// What stands between the blanks of a line, piece by piece.
ghost use Rattle.std.specs.Prelude.{◌≡◌};
ghost use Rattle.std.specs.Iterator.{YieldsFirstRef, item_count};
ghost use Rattle.trace_text.specs.Words.{blank, pieces};

// Spaces, tabs and carriage returns; `is_ascii_whitespace` takes line and form feeds too.
pub(crate) fn is_blank(byte: u8) -> bool
    ensures { result ≡ blank byte }
{
    matches!(byte, b' ' | b'\t' | b'\r')
}

// The pieces that are left. By hand, since `split` gives an empty piece for each further blank of a run.
#[derive(Drop)]
pub(crate) struct Pieces<'a> {
    pub(crate) rest: &'a [u8],
}

impl<'a> Iterator for Pieces<'a> {
    type Item = &'a [u8];

    ghost next_gives = { YieldsFirstRef (λ s. pieces s.rest.now) };

    ghost remaining = { item_count (λ s. pieces s.rest.now) };

    fn next(&mut self) -> Option<&'a [u8]> {
        let start = self.rest.iter().position(|byte| !is_blank(*byte))?;
        let rest = &self.rest[start..];
        let end = rest
            .iter()
            .position(|byte| is_blank(*byte))
            .unwrap_or(rest.len());
        let (piece, rest) = rest.split_at(end);
        self.rest = rest;
        Some(piece)
    }
}
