// What comes next in a text, by the numbers of the policy so far.
ghost use Rattle.trace_text.specs.Lines.{behind_counts, stage_of};
ghost use Rattle.std.specs.Prelude.{◌≡◌, ◌≤◌};

use policy::{COUNTS, USER};
use trace_bytes::single_numbers;

// What comes next: the numbers so far say where in the policy a line stands.
#[derive(Clone, Copy)]
pub(crate) enum Stage {
    Users,
    Compartments,
    User { user: usize, compartments: u64 },
    Capacity { compartment: usize },
    Requests,
}

pub(crate) fn stage_of(numbers: &[u64]) -> Stage
    ensures { result ≡ stage_of numbers.now }
{
    match numbers {
        [] => Stage::Users,
        [_] => Stage::Compartments,
        [_, compartments, ..] => {
            behind_counts(numbers.len(), single_numbers(numbers), *compartments)
        }
    }
}

// What comes next behind so many numbers, two counts among them.
fn behind_counts(count: usize, single: usize, compartments: u64) -> Stage
    requires { 2 ≤ count }
    ensures { result ≡ behind_counts count single compartments }
{
    if count < single {
        return Stage::User {
            user: (count - COUNTS) / USER,
            compartments,
        };
    }
    let compartment = count - single;
    if (compartment as u64) < compartments {
        Stage::Capacity { compartment }
    } else {
        Stage::Requests
    }
}
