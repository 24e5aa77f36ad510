// Why a text is no trace.
ghost use Rattle.trace_text.specs.Faults.{error_bytes, fault_bytes, reason_bytes};
ghost use Rattle.trace_text.specs.declared.fault.ReadError.TheVariants as error;
ghost use Rattle.std.specs.Prelude.{◌≡◌, Some};

use crate::names::Name;
use std::alloc::AllocError;
use std::error::Error;
use std::fmt;

/// Why a line can't be read. Words count from 1.
#[derive(Clone, Copy, PartialEq, Eq, Debug)]
pub enum Reason {
    /// Another word should stand there.
    Expected { name: Name },
    /// Users and capacities are listed in rising order, each once.
    NotNext { next: usize },
    /// The line ends before this word.
    Missing { word: usize },
    NotANumber { word: usize },
    /// The word is none by which a request is asked for.
    NotARequest { word: usize },
    OutOfBounds { word: usize },
    /// The line should end before this word.
    TooMany { word: usize },
    /// A user sees a compartment that the policy doesn't have.
    NoCompartment { compartment: u64 },
    SeenTwice { user: usize, compartment: u64 },
    SeesNothing { user: usize },
    /// The user doesn't see the compartment in which they write.
    WritesUnseen { user: usize, compartment: u64 },
    /// The text ends before the policy does.
    Truncated,
}

impl fmt::Display for Reason {
    ghost output = { λ r. Some (reason_bytes r) };

    fn fmt<W: fmt::Write>(&self, f: &mut fmt::Formatter<W>) -> fmt::Result {
        match self {
            Reason::Expected { name } => write!(f, "expected {name}"),
            Reason::NotNext { next } => write!(f, "expected number {next}"),
            Reason::Missing { word } => write!(f, "word {word} is missing"),
            Reason::NotANumber { word } => write!(f, "word {word} is not a number"),
            Reason::NotARequest { word } => write!(f, "word {word} is not a request"),
            Reason::OutOfBounds { word } => write!(f, "word {word} is out of bounds"),
            Reason::TooMany { word } => write!(f, "word {word} is too many"),
            Reason::NoCompartment { compartment } => {
                write!(f, "compartment {compartment} is not there")
            }
            Reason::SeenTwice { user, compartment } => {
                write!(f, "user {user} sees compartment {compartment} twice")
            }
            Reason::SeesNothing { user } => write!(f, "user {user} sees nothing"),
            Reason::WritesUnseen { user, compartment } => {
                write!(
                    f,
                    "user {user} does not see compartment {compartment}, where they write"
                )
            }
            Reason::Truncated => write!(f, "the policy is truncated"),
        }
    }
}

/// The line that can't be read, counted from 1, and why.
#[derive(Clone, Copy, PartialEq, Eq, Debug)]
pub struct Fault {
    pub line: usize,
    pub reason: Reason,
}

impl fmt::Display for Fault {
    ghost output = { λ t. Some (fault_bytes t) };

    fn fmt<W: fmt::Write>(&self, f: &mut fmt::Formatter<W>) -> fmt::Result {
        let line = self.line;
        let reason = self.reason;
        write!(f, "line {line}: {reason}")
    }
}

/// Why a text is not read.
#[derive(Clone, Copy, PartialEq, Eq, Debug)]
pub enum ReadError {
    Fault(Fault),
    OutOfMemory,
}

impl fmt::Display for ReadError {
    ghost output = { λ e. Some (error_bytes e) };

    fn fmt<W: fmt::Write>(&self, f: &mut fmt::Formatter<W>) -> fmt::Result {
        match self {
            ReadError::Fault(fault) => write!(f, "{fault}"),
            ReadError::OutOfMemory => write!(f, "out of memory"),
        }
    }
}

impl Error for ReadError {}

impl From<Fault> for ReadError {
    ghost from_gives = { λ fault e. e ≡ error.Fault fault };

    fn from(fault: Fault) -> Self {
        Self::Fault(fault)
    }
}

impl From<AllocError> for ReadError {
    ghost from_gives = { λ _ e. e ≡ error.OutOfMemory };

    fn from(_error: AllocError) -> Self {
        Self::OutOfMemory
    }
}
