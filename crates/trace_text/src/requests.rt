// The request that a line says.
ghost use Rattle.std.specs.Prelude.{◌≡◌, ◌<◌};
ghost use Rattle.trace_text.specs.Lines.{request_by, query_said, range_at, request_said};

use crate::fault::Reason;
use crate::line::Line;
use base::{COMPARTMENTS, USERS};
use query::Query;
use request::{Kind, QueryKind, Request};
use rows::{KeyRange, Row};

// The last two numbers of a line.
fn range_at(line: Line, place: u8) -> Result<KeyRange, Reason>
    requires { place < 254 }
    ensures { result ≡ range_at line.entry.bytes.now place }
{
    let from = line.key(place)?;
    let to = line.key(place + 1)?;
    line.ends(place + 2)?;
    Ok(KeyRange { from, to })
}

pub(crate) fn request_in(line: Line) -> Result<Request, Reason>
    ensures { result ≡ request_said line.entry.bytes.now }
{
    let user = line.below(0, USERS)? as usize;
    let kind = line.kind(1)?;
    request_by(line, user, kind)
}

// What the user asks for, behind the word for its kind.
fn request_by(line: Line, user: usize, kind: Kind) -> Result<Request, Reason>
    ensures { result ≡ request_by kind user line.entry.bytes.now }
{
    match kind {
        Kind::Write => {
            let key = line.key(2)?;
            let amount = line.key(3)?;
            line.ends(4)?;
            Ok(Request::Write {
                user,
                row: Row { key, amount },
            })
        }
        Kind::Delete => {
            let key = line.key(2)?;
            line.ends(3)?;
            Ok(Request::Delete { user, key })
        }
        Kind::Copy => {
            let compartment = line.below(2, COMPARTMENTS)?;
            let range = range_at(line, 3)?;
            Ok(Request::Copy {
                user,
                compartment,
                range,
            })
        }
        Kind::Query(kind) => {
            let query = query_in(line, kind)?;
            Ok(Request::Query { user, query })
        }
    }
}

// What a query asks, behind the word for its kind.
fn query_in(line: Line, kind: QueryKind) -> Result<Query, Reason>
    ensures { result ≡ query_said kind line.entry.bytes.now }
{
    match kind {
        QueryKind::Rows => range_at(line, 2).map(|range| Query::Rows { range }),
        QueryKind::Total => range_at(line, 2).map(|range| Query::Total { range }),
        QueryKind::Shared => {
            let a = line.below(2, COMPARTMENTS)?;
            let b = line.below(3, COMPARTMENTS)?;
            let range = range_at(line, 4)?;
            Ok(Query::Shared { a, b, range })
        }
    }
}
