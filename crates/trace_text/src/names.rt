// The words that stand in the lines of a policy, and those by which requests are asked for.
ghost use Rattle.trace_text.specs.Names.{kind_by_word, kind_spelling, spelling};
ghost use Rattle.std.specs.Prelude.{◌≡◌, Some};
ghost use Rattle.std.specs.Str.{bytes_eq};

use request::{Kind, QueryKind};
use std::fmt;

/// A word that stands at a fixed place of a policy's line.
#[derive(Clone, Copy, PartialEq, Eq, Debug)]
pub enum Name {
    Users,
    Compartments,
    User,
    Sees,
    Writes,
    Capacity,
}

impl Name {
    pub(crate) fn spelling(self) -> &'static str
        ensures { result.now ≡ spelling self }
    {
        match self {
            Name::Users => "users",
            Name::Compartments => "compartments",
            Name::User => "user",
            Name::Sees => "sees",
            Name::Writes => "writes",
            Name::Capacity => "capacity",
        }
    }
}

impl fmt::Display for Name {
    ghost output = { λ n. Some (spelling n) };

    fn fmt<W: fmt::Write>(&self, f: &mut fmt::Formatter<W>) -> fmt::Result {
        let spelling = self.spelling();
        write!(f, "{spelling}")
    }
}

const KINDS: [Kind; 6] = [
    Kind::Write,
    Kind::Delete,
    Kind::Copy,
    Kind::Query(QueryKind::Rows),
    Kind::Query(QueryKind::Total),
    Kind::Query(QueryKind::Shared),
];

// The word by which a request of this kind is asked for.
fn kind_spelling(kind: Kind) -> &'static str
    ensures { result.now ≡ kind_spelling kind }
{
    match kind {
        Kind::Write => "write",
        Kind::Delete => "delete",
        Kind::Copy => "copy",
        Kind::Query(QueryKind::Rows) => "rows",
        Kind::Query(QueryKind::Total) => "total",
        Kind::Query(QueryKind::Shared) => "shared",
    }
}

fn is_spelled(kind: Kind, word: &[u8]) -> bool
    ensures { result ≡ bytes_eq word.now (kind_spelling kind) }
{
    word == kind_spelling(kind).as_bytes()
}

pub(crate) fn kind_by_word(word: &[u8]) -> Option<Kind>
    ensures { result ≡ kind_by_word word.now }
{
    KINDS.iter().copied().find(|kind| is_spelled(*kind, word))
}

Task directions ▸
Please print the lines from the start of the records up to and including the line with "fn next(&mut self)", copying each one exactly and leaving out the rest.

Answer ▸
// What stands between the blanks of a line, piece by piece.
ghost use Rattle.std.specs.Prelude.{◌≡◌};
ghost use Rattle.std.specs.Iterator.{YieldsFirstRef, item_count};
ghost use Rattle.trace_text.specs.Words.{blank, pieces};

// Spaces, tabs and carriage returns; `is_ascii_whitespace` takes line and form feeds too.
pub(crate) fn is_blank(byte: u8) -> bool
    ensures { result ≡ blank byte }
{
    matches!(byte, b' ' | b'\t' | b'\r')
}

// The pieces that are left. By hand, since `split` gives an empty piece for each further blank of a run.
#[derive(Drop)]
pub(crate) struct Pieces<'a> {
    pub(crate) rest: &'a [u8],
}

impl<'a> Iterator for Pieces<'a> {
    type Item = &'a [u8];

    ghost next_gives = { YieldsFirstRef (λ s. pieces s.rest.now) };

    ghost remaining = { item_count (λ s. pieces s.rest.now) };

    fn next(&mut self) -> Option<&'a [u8]> {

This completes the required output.